(though not necessarily in that order)

(though not necessarily in that order)

Monday 3 January 2011

Pull yourself together

If someone else said this to me, I would have to stop myself from being very rude to them. However, it is what I am telling myself to do.

So here is the "gentle kick up the backside" which if written somewhere is more likely to happen (written in a very therapy-esque way, I think that it is a remnant from the past):

Issue: Mornings (other than Sunday and Tuesday and Wednesday - church mornings) are spent in bed. Quite frankly, I need the daylight. And still being awake at 3am, thus having seen 10 hours of darkness out of the window (it is completely dark now at 5pm) is just not good.
To change this I need to: Get out of bed by 9am most mornings. Eventually I'll be tired enough to sleep at midnight most nights.


Issue: Eating. Gone haywire. Haywire eating leads to the thoughts of yesteryear coming back, and before I know it, I'm standing in the bathroom wiping my eyes with a damp flannel after making myself sick to try and hide the tell tale signs from those around me. Very much don't want to end up back there, so...
To change this I need to: Stick to meal times. Less absent nibbling on anything and everything. Avoid kitchen cupboard staring, it isn't worth it and never helps the feeling anyway.


Issue: Money. Sheet music is one huge expense, which to be honest I should cease to buy in quite the way I am at the moment. Paying off my university debts needs to be my top priority so I can have a "gap 10 months" without that pressure around.
To change this I need to: Budget better. If my boring minimum amount for being an organist gets directly put into "clearing uni debt" I'll have paid off these courses fees by July. What with the other bits and bobs I have coming in with tutoring, concerts, weddings and the like, I should be able to go to concerts fairly often and buy the occasional bit of sheet music (and hopefully learn more of the huge amount I have already).


Issue: My failing body. I'm getting fairly annoyed/morose about it. Which isn't exactly helping.
To change this I need to: Sort out sleep and eating (see above) as that won't help, keep exercising in the ways I can to keep loosing the weight as that won't help and stop avoiding finding out if there were any problems with the x-rays (i.e. ring the GP and get an appointment, preferably before the painkillers I have in stock run out)

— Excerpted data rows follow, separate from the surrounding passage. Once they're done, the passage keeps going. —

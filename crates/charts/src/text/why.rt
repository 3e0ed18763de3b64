//! Under a band the lines that say why rows were squashed in it.

ghost use Rattle.std.specs.Prelude.{◌≡◌, ◌++◌, OnOk, codes, find, if◌then◌else◌};
ghost use Rattle.std.specs.Fmt.{decimal};
ghost use Rattle.std.specs.Io.KnownBytes.{Appends};
ghost use Rattle.text_fields.specs.Spelling.{hex};
ghost use Rattle.chart_rows.specs.Order.{AreByFetch, AreOver};
ghost use Rattle.chart_rows.specs.declared.cause.Cause.TheVariants.{Mispredicted};
ghost use Rattle.charts.specs.Drawings.{drawing_of};
ghost use Rattle.charts.specs.Text.{whys_text};
ghost use Rattle.charts.specs.Whys.{
  cause_text,
  is_cross,
  is_crossed,
  is_shown_crossed,
  mispredicted_text,
  paths_text,
  reason_text,
  squash_text,
  why_text,
};

use crate::text::TextChart;
use arrayvec::ArrayString;
use chart_rows::{Band, Cause, Cell, Row, Squash, View};
use std::io;
use std::io::Write;
use text_fields::{push_decimal, push_hex};

/// Writes for each event in the columns of a band that squashed a row which is drawn there, why it did, the oldest
/// event first. No row before `first` stands in the band.
pub(crate) fn write_whys<W: Write>(
    chart: &TextChart<'_>,
    first: usize,
    band: &Band,
    out: &mut W,
) -> io::Result<()>
    ensures { OnOk result (AreByFetch chart.now.rows.now → AreOver chart.now.rows.now first band.now.from
        → Appends (W.contents out.old) (W.contents out.new) (whys_text (drawing_of chart.now) band.now)) }
{
    let shown = chart.view.within(band);
    let from = chart.columns.head(band.from);
    let to = chart.columns.last(band.to);
    for place in from..=to {
        write_why(chart, first, &shown, place, out)?;
    }
    Ok(())
}

/// Writes why the event at a place squashed the first row which is drawn, where there is such a row.
#[tactic(auto, unfolding(crate::specs::Whys::why_text))]
fn write_why<W: Write>(
    chart: &TextChart<'_>,
    first: usize,
    shown: &View,
    place: u32,
    out: &mut W,
) -> io::Result<()>
    ensures { OnOk result (AreByFetch chart.now.rows.now → AreOver chart.now.rows.now first shown.now.from
        → Appends (W.contents out.old) (W.contents out.new)
        (why_text chart.now.rows.now chart.now.events.now shown.now chart.now.columns.now place)) }
{
    let Some(event) = chart.events.get(place as usize) else {
        return out.write_all(b"");
    };
    let column = chart.columns.column(place);
    match crossed_row(chart.rows, first, shown, column, event.seq()) {
        Some(row) => write_reason(&row, place, out),
        None => out.write_all(b""),
    }
}

/// The first row which is drawn that has an `x` in this column, where it was squashed by an instruction. No row before
/// `first` is drawn.
fn crossed_row(rows: &[Row], first: usize, shown: &View, column: u32, by: u32) -> Option<Row>
    ensures { AreByFetch rows.now → AreOver rows.now first shown.now.from
        → result ≡ find (is_shown_crossed shown.now column by) rows.now }
{
    for number in first..rows.len() {
        let row = &rows[number];
        if row.fetched > shown.to {
            return None;
        }
        if is_shown_crossed(row, shown, column, by) {
            return Some(*row);
        }
    }
    None
}

/// Whether a row is drawn, and has an `x` in a column, where it was squashed by this instruction.
fn is_shown_crossed(row: &Row, shown: &View, column: u32, by: u32) -> bool
    ensures { result ≡ is_shown_crossed shown.now column by row.now }
{
    is_crossed(row, column, by) && shown.shows(row)
}

/// Whether a row has an `x` in a column, where it was squashed by this instruction.
fn is_crossed(row: &Row, column: u32, by: u32) -> bool
    ensures { result ≡ is_crossed column by row.now }
{
    match row.squashed {
        Some(squash) if squash.place == column && squash.by == by => is_cross(row.cell(column)),
        _ => false,
    }
}

fn is_cross(cell: Cell) -> bool
    ensures { result ≡ is_cross cell }
{
    match cell {
        Cell::Squash(_) => true,
        _ => false,
    }
}

/// Writes why a row was squashed by the event at a place.
fn write_reason<W: Write>(row: &Row, place: u32, out: &mut W) -> io::Result<()>
    ensures { OnOk result (Appends (W.contents out.old) (W.contents out.new)
        (squash_text place row.now.hart row.now.squashed)) }
{
    match row.squashed {
        Some(squash) => write_squash(place, row.hart, squash, out),
        None => out.write_all(b""),
    }
}

/// Writes why the event at a place squashed instructions of a hart.
#[tactic(auto, unfolding(crate::specs::Whys::reason_text))]
fn write_squash<W: Write>(place: u32, hart: u8, squash: Squash, out: &mut W) -> io::Result<()>
    ensures { OnOk result (Appends (W.contents out.old) (W.contents out.new) (reason_text place hart squash)) }
{
    write_place(place, out)?;
    write_cause(hart, squash.by, squash.cause, out)?;
    out.write_all(b"\n")
}

fn write_place<W: Write>(place: u32, out: &mut W) -> io::Result<()>
    ensures { OnOk result (Appends (W.contents out.old) (W.contents out.new)
        (codes "x at " ++ (decimal place ++ codes ":"))) }
{
    let mut text = ArrayString::<16>::new();
    text.push_str("x at ");
    push_decimal(&mut text, place);
    text.push_str(":");
    out.write_all(text.as_bytes())
}

/// Writes why instructions of a hart were squashed by one of this number.
fn write_cause<W: Write>(hart: u8, by: u32, cause: Cause, out: &mut W) -> io::Result<()>
    ensures { OnOk result (Appends (W.contents out.old) (W.contents out.new) (cause_text hart by cause)) }
{
    match cause {
        Cause::Mispredicted { to, predicted } => write_mispredicted(by, to, predicted, out),
        Cause::Replayed => write_replayed(by, out),
        Cause::Ended => write_last(hart, true, out),
        Cause::Stopped => write_last(hart, false, out),
        Cause::Refetched => out.write_all(b" refetched"),
    }
}

fn write_mispredicted<W: Write>(by: u32, to: u32, predicted: u32, out: &mut W) -> io::Result<()>
    ensures { OnOk result (Appends (W.contents out.old) (W.contents out.new)
        (cause_text 0 by (Mispredicted to predicted))) }
{
    write_by(by, out)?;
    write_paths(to, predicted, out)
}

#[tactic(auto, unfolding(crate::specs::Whys::mispredicted_text))]
fn write_by<W: Write>(by: u32, out: &mut W) -> io::Result<()>
    ensures { OnOk result (Appends (W.contents out.old) (W.contents out.new) (mispredicted_text by)) }
{
    let mut text = ArrayString::<32>::new();
    text.push_str(" mispredicted by ");
    push_decimal(&mut text, by);
    out.write_all(text.as_bytes())
}

fn write_paths<W: Write>(to: u32, predicted: u32, out: &mut W) -> io::Result<()>
    ensures { OnOk result (Appends (W.contents out.old) (W.contents out.new) (paths_text to predicted)) }
{
    let text = paths_of(to, predicted);
    out.write_all(text.as_bytes())
}

/// Where a hart goes on, and where it was expected to.
#[tactic(auto, unfolding(crate::specs::Whys::paths_text))]
fn paths_of(to: u32, predicted: u32) -> ArrayString<40>
    ensures { result.bytes ≡ paths_text to predicted }
{
    let mut text = ArrayString::new();
    text.push_str(": to ");
    push_hex(&mut text, to, 8);
    text.push_str(", predicted ");
    push_hex(&mut text, predicted, 8);
    text
}

fn write_replayed<W: Write>(by: u32, out: &mut W) -> io::Result<()>
    ensures { OnOk result (Appends (W.contents out.old) (W.contents out.new) (codes " replayed by " ++ decimal by)) }
{
    let mut text = ArrayString::<24>::new();
    text.push_str(" replayed by ");
    push_decimal(&mut text, by);
    out.write_all(text.as_bytes())
}

/// Writes that a hart ended, or that it stopped.
fn write_last<W: Write>(hart: u8, ended: bool, out: &mut W) -> io::Result<()>
    ensures { OnOk result (Appends (W.contents out.old) (W.contents out.new)
        (codes " hart " ++ (decimal hart ++ (if ended then codes " ended" else codes " stopped")))) }
{
    let mut text = ArrayString::<24>::new();
    text.push_str(" hart ");
    push_decimal(&mut text, hart);
    text.push_str(if ended { " ended" } else { " stopped" });
    out.write_all(text.as_bytes())
}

Issue: Currently petrified to start reading around my course subjects for the courses that are soon to start. And petrified about my 3rd year generally, which officially starts Very Soon.
To change this I need to: Tidy my room. Okay, okay, that sounds like I'm wussing out, but seriously my room being a state is not helping the whole "study" thing. Then start reading some essays I've got in my room (note to self: find them when tidying...). THEN, when my course materials turn up in about 15 days time, I shall be able to start without the excuses.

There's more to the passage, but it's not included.